___ PROVIDED DATA
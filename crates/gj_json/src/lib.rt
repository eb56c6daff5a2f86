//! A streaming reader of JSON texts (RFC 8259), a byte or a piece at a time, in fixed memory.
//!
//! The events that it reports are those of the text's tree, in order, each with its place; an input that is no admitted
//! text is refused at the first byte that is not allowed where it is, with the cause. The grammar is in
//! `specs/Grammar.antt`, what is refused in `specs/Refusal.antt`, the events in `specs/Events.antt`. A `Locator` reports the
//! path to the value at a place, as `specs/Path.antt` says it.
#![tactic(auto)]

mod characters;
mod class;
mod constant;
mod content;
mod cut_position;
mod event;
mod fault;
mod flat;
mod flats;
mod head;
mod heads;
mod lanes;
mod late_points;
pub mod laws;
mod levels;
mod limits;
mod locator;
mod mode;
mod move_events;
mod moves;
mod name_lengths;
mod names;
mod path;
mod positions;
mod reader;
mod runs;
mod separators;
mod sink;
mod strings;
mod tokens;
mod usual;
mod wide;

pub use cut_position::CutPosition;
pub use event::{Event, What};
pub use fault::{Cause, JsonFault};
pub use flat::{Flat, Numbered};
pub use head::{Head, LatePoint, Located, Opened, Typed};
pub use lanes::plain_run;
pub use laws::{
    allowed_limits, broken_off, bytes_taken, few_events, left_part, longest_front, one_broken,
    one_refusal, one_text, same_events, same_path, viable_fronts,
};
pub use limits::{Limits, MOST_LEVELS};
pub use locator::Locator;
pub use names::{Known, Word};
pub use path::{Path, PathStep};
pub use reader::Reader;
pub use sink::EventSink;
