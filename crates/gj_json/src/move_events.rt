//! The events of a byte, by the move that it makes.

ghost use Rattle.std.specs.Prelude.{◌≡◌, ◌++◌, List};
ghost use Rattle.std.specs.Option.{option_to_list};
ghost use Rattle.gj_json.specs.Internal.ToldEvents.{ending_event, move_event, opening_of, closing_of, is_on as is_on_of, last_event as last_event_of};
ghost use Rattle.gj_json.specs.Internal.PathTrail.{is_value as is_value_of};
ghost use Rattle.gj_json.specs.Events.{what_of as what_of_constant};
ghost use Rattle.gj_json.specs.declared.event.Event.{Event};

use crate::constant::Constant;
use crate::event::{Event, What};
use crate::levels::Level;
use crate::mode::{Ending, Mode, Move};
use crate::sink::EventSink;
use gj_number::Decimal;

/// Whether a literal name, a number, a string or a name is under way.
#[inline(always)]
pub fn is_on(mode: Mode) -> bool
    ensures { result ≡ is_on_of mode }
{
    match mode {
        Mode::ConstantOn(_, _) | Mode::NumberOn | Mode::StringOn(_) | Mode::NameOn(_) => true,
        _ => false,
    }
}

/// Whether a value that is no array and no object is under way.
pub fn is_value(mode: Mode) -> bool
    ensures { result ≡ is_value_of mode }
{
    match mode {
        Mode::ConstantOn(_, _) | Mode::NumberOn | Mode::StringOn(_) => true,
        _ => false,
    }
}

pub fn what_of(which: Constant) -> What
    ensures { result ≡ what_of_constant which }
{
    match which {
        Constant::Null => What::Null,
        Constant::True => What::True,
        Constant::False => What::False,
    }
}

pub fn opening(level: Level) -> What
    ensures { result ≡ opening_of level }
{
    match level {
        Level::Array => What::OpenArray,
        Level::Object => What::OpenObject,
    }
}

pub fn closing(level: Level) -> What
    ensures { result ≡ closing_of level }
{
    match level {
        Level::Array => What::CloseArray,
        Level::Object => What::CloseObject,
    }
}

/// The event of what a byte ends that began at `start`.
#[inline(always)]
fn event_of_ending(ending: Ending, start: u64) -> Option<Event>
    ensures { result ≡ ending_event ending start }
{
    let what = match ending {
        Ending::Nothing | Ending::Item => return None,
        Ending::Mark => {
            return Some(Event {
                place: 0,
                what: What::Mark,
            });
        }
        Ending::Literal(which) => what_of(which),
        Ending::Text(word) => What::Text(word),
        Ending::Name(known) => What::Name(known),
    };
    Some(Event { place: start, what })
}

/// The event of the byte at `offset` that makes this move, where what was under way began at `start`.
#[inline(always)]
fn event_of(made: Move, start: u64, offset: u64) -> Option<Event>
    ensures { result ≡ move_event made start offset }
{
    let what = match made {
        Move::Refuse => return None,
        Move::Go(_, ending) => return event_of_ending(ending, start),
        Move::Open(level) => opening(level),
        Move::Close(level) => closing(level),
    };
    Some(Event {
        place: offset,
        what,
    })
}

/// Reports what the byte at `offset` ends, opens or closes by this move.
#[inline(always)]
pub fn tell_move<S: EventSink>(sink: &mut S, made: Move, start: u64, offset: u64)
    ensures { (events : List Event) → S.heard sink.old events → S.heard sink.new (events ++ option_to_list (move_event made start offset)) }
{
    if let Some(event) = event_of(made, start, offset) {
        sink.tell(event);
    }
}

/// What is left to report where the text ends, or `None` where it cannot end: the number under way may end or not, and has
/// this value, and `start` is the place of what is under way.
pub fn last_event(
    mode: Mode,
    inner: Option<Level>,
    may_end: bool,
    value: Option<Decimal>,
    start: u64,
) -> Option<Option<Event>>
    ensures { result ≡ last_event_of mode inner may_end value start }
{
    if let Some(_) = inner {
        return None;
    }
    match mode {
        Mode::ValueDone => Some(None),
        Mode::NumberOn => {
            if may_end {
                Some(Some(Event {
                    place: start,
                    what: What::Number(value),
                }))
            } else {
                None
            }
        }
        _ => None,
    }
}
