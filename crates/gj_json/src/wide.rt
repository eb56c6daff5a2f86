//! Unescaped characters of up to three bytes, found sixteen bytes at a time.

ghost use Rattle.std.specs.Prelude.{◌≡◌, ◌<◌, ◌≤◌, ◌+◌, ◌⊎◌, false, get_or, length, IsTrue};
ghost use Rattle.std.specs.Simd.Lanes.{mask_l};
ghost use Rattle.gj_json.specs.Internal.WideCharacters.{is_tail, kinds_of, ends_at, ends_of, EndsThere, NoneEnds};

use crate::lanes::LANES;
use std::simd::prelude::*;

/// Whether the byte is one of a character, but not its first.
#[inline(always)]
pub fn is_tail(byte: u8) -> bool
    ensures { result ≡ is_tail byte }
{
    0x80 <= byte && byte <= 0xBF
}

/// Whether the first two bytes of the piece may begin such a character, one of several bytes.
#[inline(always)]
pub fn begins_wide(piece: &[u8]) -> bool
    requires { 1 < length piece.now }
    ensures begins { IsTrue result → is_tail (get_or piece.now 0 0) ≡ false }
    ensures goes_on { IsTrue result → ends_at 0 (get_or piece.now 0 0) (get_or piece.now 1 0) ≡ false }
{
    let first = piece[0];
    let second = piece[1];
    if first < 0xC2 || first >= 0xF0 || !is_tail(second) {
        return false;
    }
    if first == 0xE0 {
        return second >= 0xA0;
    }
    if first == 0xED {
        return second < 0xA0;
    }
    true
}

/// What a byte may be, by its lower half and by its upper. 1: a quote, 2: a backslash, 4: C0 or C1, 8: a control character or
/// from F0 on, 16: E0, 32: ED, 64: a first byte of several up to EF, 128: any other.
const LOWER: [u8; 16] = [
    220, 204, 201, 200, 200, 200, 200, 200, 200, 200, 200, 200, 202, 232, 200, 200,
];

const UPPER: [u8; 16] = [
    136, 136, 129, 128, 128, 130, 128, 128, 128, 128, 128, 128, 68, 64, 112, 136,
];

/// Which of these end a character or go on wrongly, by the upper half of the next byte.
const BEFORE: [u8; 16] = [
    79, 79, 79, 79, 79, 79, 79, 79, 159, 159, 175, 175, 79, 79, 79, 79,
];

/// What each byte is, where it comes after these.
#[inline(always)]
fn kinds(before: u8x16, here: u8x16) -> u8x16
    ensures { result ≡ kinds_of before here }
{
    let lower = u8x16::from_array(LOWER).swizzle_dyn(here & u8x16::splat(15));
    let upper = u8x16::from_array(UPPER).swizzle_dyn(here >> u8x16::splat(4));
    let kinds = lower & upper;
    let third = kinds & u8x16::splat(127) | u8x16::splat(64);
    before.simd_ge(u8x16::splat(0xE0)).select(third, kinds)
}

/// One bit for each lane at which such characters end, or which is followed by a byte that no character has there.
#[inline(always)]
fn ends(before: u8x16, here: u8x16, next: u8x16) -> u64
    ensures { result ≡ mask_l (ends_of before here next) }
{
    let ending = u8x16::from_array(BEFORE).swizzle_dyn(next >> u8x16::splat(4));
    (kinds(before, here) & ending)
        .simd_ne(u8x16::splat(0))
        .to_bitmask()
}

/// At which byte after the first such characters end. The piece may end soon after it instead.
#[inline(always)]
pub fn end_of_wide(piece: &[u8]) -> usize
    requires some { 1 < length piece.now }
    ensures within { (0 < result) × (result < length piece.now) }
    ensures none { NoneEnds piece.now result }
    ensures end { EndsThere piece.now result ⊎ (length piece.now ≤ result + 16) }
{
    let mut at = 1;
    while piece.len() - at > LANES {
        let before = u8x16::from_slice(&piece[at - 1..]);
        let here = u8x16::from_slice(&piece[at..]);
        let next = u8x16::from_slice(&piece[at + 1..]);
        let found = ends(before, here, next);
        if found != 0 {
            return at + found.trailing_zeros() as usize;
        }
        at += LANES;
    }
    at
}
______
• ABOUT THIS EXERCISE
Return only the part of the records above that opens with the line containing "NoneEnds piece.now result" and closes with the line containing "let here = u8x16::from_slice(&piece[at..]);", ends included.

• WRITTEN RESPONSE
    ensures none { NoneEnds piece.now result }
    ensures end { EndsThere piece.now result ⊎ (length piece.now ≤ result + 16) }
{
    let mut at = 1;
    while piece.len() - at > LANES {
        let before = u8x16::from_slice(&piece[at - 1..]);
        let here = u8x16::from_slice(&piece[at..]);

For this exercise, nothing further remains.